# EXERCISE REQUIREMENTS:
Could you copy every line in the listing below that has the word "raised"?
BEGIN DATA SHOWN
//! The event of each place of each call.
ghost use Rattle.std.specs.Prelude.{◌≡◌, ◌≢◌, ℕ, ◌+◌, ◌*◌, ◌%◌, ◌^◌, ◌<◌, ◌≤◌, ◌==◌, ◌&&◌, not};
ghost use Rattle.hk_words.specs.Geometry.{tasks, numbers, list_length, space_words};
ghost use Rattle.hk_words.specs.Layout.{reference_number, w0_words, w0_objects};
ghost use Rattle.hk_core.specs.Step as table;
ghost use Rattle.hk_core.specs.Step.{event_of, reference_cell, number_cell, new_place, new_reference};
ghost use Rattle.hk_core.specs.Fits.{Fits, CallFits, NamesNumber, IsInSpaces};
ghost use Rattle.hk_words.specs.declared.call.Call.TheVariants.{Get, Put, Load, Store, Move, Clear, New};

use crate::flight::{reference_size, reserved_fits};
use crate::{Event, Flight};
use hk_words::{
    Call, ENTER, Geometry, LEAVE, Shape, pack_header, pack_reference, raise_by, reference_number,
    reference_refs, w0_cycle, w0_objects, w0_words,
};

impl Flight {
    /// The event of the flight's place, and None exactly where the place is a rest.
    #[tactic(auto, unfolding(crate::specs::Step::event_of, crate::specs::Step::event_at))]
    pub fn event(&self, g: &Geometry) -> Option<Event>
        requires { Fits g.now self.now }
        ensures { result ≡ event_of g.now self.now }
    {
        match self.call {
            Call::Get { reg, field } => self.get_event(g, reg, field),
            Call::Put { reg, field, value } => self.put_event(g, reg, field, value),
            Call::Move { dest, from } => self.move_event(g, dest, from),
            Call::Clear { dest } => self.clear_event(g, dest),
            Call::Load { dest, reg, field } => self.load_event(g, dest, reg, field),
            Call::Store { reg, field, from } => self.store_event(g, reg, field, from),
            Call::New { dest, shape } => self.new_event(g, dest, shape),
            Call::Same { .. } | Call::IsNull { .. } => None,
        }
    }

    #[tactic(auto, unfolding(crate::specs::Step::get_event))]
    fn get_event(&self, g: &Geometry, reg: u8, field: u8) -> Option<Event>
        requires { CallFits g.now self.now (Get reg field) }
        ensures { result ≡ table.get_event g.now self.now field }
    {
        match self.place {
            1 => self.enter_object(g),
            2 => Flight::read_cell(g, self.number_cell(field)),
            3 => self.leave_object(g),
            _ => None,
        }
    }

    #[tactic(auto, unfolding(crate::specs::Step::put_event))]
    fn put_event(&self, g: &Geometry, reg: u8, field: u8, value: u64) -> Option<Event>
        requires { CallFits g.now self.now (Put reg field value) }
        ensures { result ≡ table.put_event g.now self.now field value }
    {
        match self.place {
            1 => self.enter_object(g),
            2 => Flight::write_cell(g, self.number_cell(field), value),
            3 => self.leave_object(g),
            _ => None,
        }
    }

    #[tactic(auto, unfolding(crate::specs::Step::move_event))]
    fn move_event(&self, g: &Geometry, dest: u8, from: u8) -> Option<Event>
        requires seat { self.now.seat < tasks g.now }
        requires call { CallFits g.now self.now (Move dest from) }
        ensures { result ≡ table.move_event g.now self.now dest }
    {
        match self.place {
            1 => self.enter_frame(g),
            2 => self.write_register(g, dest, self.item),
            3 => self.leave_frame(g),
            _ => None,
        }
    }

    #[tactic(auto, unfolding(crate::specs::Step::clear_event))]
    fn clear_event(&self, g: &Geometry, dest: u8) -> Option<Event>
        requires seat { self.now.seat < tasks g.now }
        requires call { CallFits g.now self.now (Clear dest) }
        ensures { result ≡ table.clear_event g.now self.now dest }
    {
        match self.place {
            1 => self.write_register(g, dest, 0),
            _ => None,
        }
    }

    #[tactic(auto, unfolding(crate::specs::Step::load_event))]
    fn load_event(&self, g: &Geometry, dest: u8, reg: u8, field: u8) -> Option<Event>
        requires seat { self.now.seat < tasks g.now }
        requires call { CallFits g.now self.now (Load dest reg field) }
        ensures { result ≡ table.load_event g.now self.now dest field }
    {
        match self.place {
            1 => self.enter_frame(g),
            2 => self.enter_object(g),
            3 => Flight::load_w0(g),
            4 => Flight::read_cell(g, self.reference_cell(field)),
            5 => self.claim(g),
            6 => self.reserve(g),
            7 => self.link(g),
            8 => self.write_register(g, dest, self.item),
            9 => self.leave_object(g),
            10 => self.leave_frame(g),
            _ => None,
        }
    }

    #[tactic(auto, unfolding(crate::specs::Step::store_event))]
    fn store_event(&self, g: &Geometry, reg: u8, field: u8, from: u8) -> Option<Event>
        requires { CallFits g.now self.now (Store reg field from) }
        ensures { result ≡ table.store_event g.now self.now field }
    {
        match self.place {
            1 => self.enter_object(g),
            2 if self.item == 0 => None,
            2 => Flight::load_w0(g),
            3 => self.claim(g),
            4 => self.reserve(g),
            5 => self.link(g),
            6 => Flight::write_cell(g, self.reference_cell(field), self.item),
            7 => self.leave_object(g),
            _ => None,
        }
    }

    #[tactic(auto, unfolding(crate::specs::Step::new_event))]
    fn new_event(&self, g: &Geometry, dest: u8, shape: Shape) -> Option<Event>
        requires seat { self.now.seat < tasks g.now }
        requires call { CallFits g.now self.now (New dest shape) }
        ensures { result ≡ table.new_event g.now self.now dest shape }
    {
        match self.place {
            1 => Flight::load_w0(g),
            7 if self.full && !self.raised => None,
            7 => self.leave_frame(g),
            _ if self.full => None,
            2 => self.enter_frame(g),
            3 => Flight::raise(g, shape),
            4 => self.load_entry(g),
            5 => self.write_header(g),
            6 => self.write_register(g, dest, pack_reference(self.number, shape)),
            _ => None,
        }
    }

    /// The place of a number field of the entered object.
    pub(crate) fn number_cell(&self, field: u8) -> u32
        requires { number_cell self.now field < 2 ^ 32 }
        ensures { result ≡ number_cell self.now field }
    {
        self.at + 1 + u32::from(reference_refs(self.entered)) + u32::from(field)
    }

    /// The place of a reference field of the entered object.
    pub(crate) fn reference_cell(&self, field: u8) -> u32
        requires { reference_cell self.now field < 2 ^ 32 }
        ensures { result ≡ reference_cell self.now field }
    {
        self.at + 1 + u32::from(field)
    }

    #[tactic(auto, unfolding(crate::specs::Step::enter_object))]
    fn enter_object(&self, g: &Geometry) -> Option<Event>
        requires { NamesNumber g.now self.now.entered }
        ensures { result ≡ table.enter_object g.now self.now }
    {
        Some(Event::Add(g.header_at(reference_number(self.entered)), ENTER))
    }

    #[tactic(auto, unfolding(crate::specs::Step::leave_object))]
    fn leave_object(&self, g: &Geometry) -> Option<Event>
        requires { NamesNumber g.now self.now.entered }
        ensures { result ≡ table.leave_object g.now self.now }
    {
        Some(Event::Sub(g.header_at(reference_number(self.entered)), LEAVE))
    }

    #[tactic(auto, unfolding(crate::specs::Step::read_cell))]
    fn read_cell(g: &Geometry, place: u32) -> Option<Event>
        requires some { 0 < place }
        requires within { IsInSpaces g.now place }
        ensures { result ≡ table.read_cell g.now place }
    {
        Some(Event::Load(g.space_at(place)))
    }

    #[tactic(auto, unfolding(crate::specs::Step::write_cell))]
    fn write_cell(g: &Geometry, place: u32, value: u64) -> Option<Event>
        requires some { 0 < place }
        requires within { IsInSpaces g.now place }
        ensures { result ≡ table.write_cell g.now place value }
    {
        Some(Event::Write(g.space_at(place), value))
    }

    #[tactic(auto, unfolding(crate::specs::Step::enter_frame))]
    fn enter_frame(&self, g: &Geometry) -> Option<Event>
        requires { self.now.seat < tasks g.now }
        ensures { result ≡ table.enter_frame g.now self.now }
    {
        Some(Event::Add(g.frame_at(self.seat), ENTER))
    }

    #[tactic(auto, unfolding(crate::specs::Step::leave_frame))]
    fn leave_frame(&self, g: &Geometry) -> Option<Event>
        requires { self.now.seat < tasks g.now }
        ensures { result ≡ table.leave_frame g.now self.now }
    {
        Some(Event::Sub(g.frame_at(self.seat), LEAVE))
    }

    #[tactic(auto, unfolding(crate::specs::Step::load_w0))]
    fn load_w0(g: &Geometry) -> Option<Event>
        ensures { result ≡ table.load_w0 g.now }
    {
        Some(Event::Load(g.w0_at()))
    }

    #[tactic(auto, unfolding(crate::specs::Step::claim))]
    fn claim(&self, g: &Geometry) -> Option<Event>
        requires { self.now.item ≢ 0 → NamesNumber g.now self.now.item }
        ensures { result ≡ table.claim g.now self.now }
    {
        if self.item == 0 {
            return None;
        }
        Some(Event::Max(
            g.mark_at(reference_number(self.item)),
            u64::from(w0_cycle(self.word)),
        ))
    }

    #[tactic(auto, unfolding(crate::specs::Step::reserve))]
    fn reserve(&self, g: &Geometry) -> Option<Event>
        ensures { result ≡ table.reserve g.now self.now }
    {
        if !self.claimer {
            return None;
        }
        Some(Event::Add(g.w1_at(), u64::from(reference_size(self.item))))
    }

    #[tactic(auto, unfolding(crate::specs::Step::link))]
    fn link(&self, g: &Geometry) -> Option<Event>
        ensures { result ≡ table.link g.now self.now }
    {
        if self.claimer && reserved_fits(g, self.offset, self.item) {
            Some(Event::Write(
                g.space_at(g.place_at(self.side(), self.offset as u32)),
                self.item,
            ))
        } else {
            None
        }
    }

    /// The space, and the list, of the cycle in the W0 that the call has loaded or raised.
    pub(crate) fn side(&self) -> u8
        ensures side { result ≡ table.side_of self.now }
        ensures small { result < 2 }
    {
        (w0_cycle(self.word) % 2) as u8
    }

    #[tactic(auto, unfolding(crate::specs::Step::write_register))]
    fn write_register(&self, g: &Geometry, reg: u8, word: u64) -> Option<Event>
        requires seat { self.now.seat < tasks g.now }
        requires reg { reg < g.now.registers }
        ensures { result ≡ table.write_register g.now self.now reg word }
    {
        Some(Event::Write(g.register_at(self.seat, reg), word))
    }

    #[tactic(auto, unfolding(crate::specs::Step::raise))]
    fn raise(g: &Geometry, shape: Shape) -> Option<Event>
        ensures { result ≡ table.raise g.now shape }
    {
        Some(Event::Add(g.w0_at(), raise_by(shape.words())))
    }

    #[tactic(auto, unfolding(crate::specs::Step::load_entry))]
    fn load_entry(&self, g: &Geometry) -> Option<Event>
        requires { w0_objects self.now.word < list_length g.now }
        ensures { result ≡ table.load_entry g.now self.now }
    {
        Some(Event::Load(g.entry_at(self.side(), w0_objects(self.word))))
    }

    #[tactic(auto, unfolding(crate::specs::Step::write_header))]
    fn write_header(&self, g: &Geometry) -> Option<Event>
        requires number { self.now.number < numbers g.now }
        requires words { w0_words self.now.word < g.now.alloc }
        ensures { result ≡ table.write_header g.now self.now }
    {
        let place = g.place_at(self.side(), g.live() + w0_words(self.word));
        Some(Event::Write(g.header_at(self.number), pack_header(0, place, 0)))
    }
}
END DATA SHOWN
# RESPONSE:
            7 if self.full && !self.raised => None,
    /// The space, and the list, of the cycle in the W0 that the call has loaded or raised.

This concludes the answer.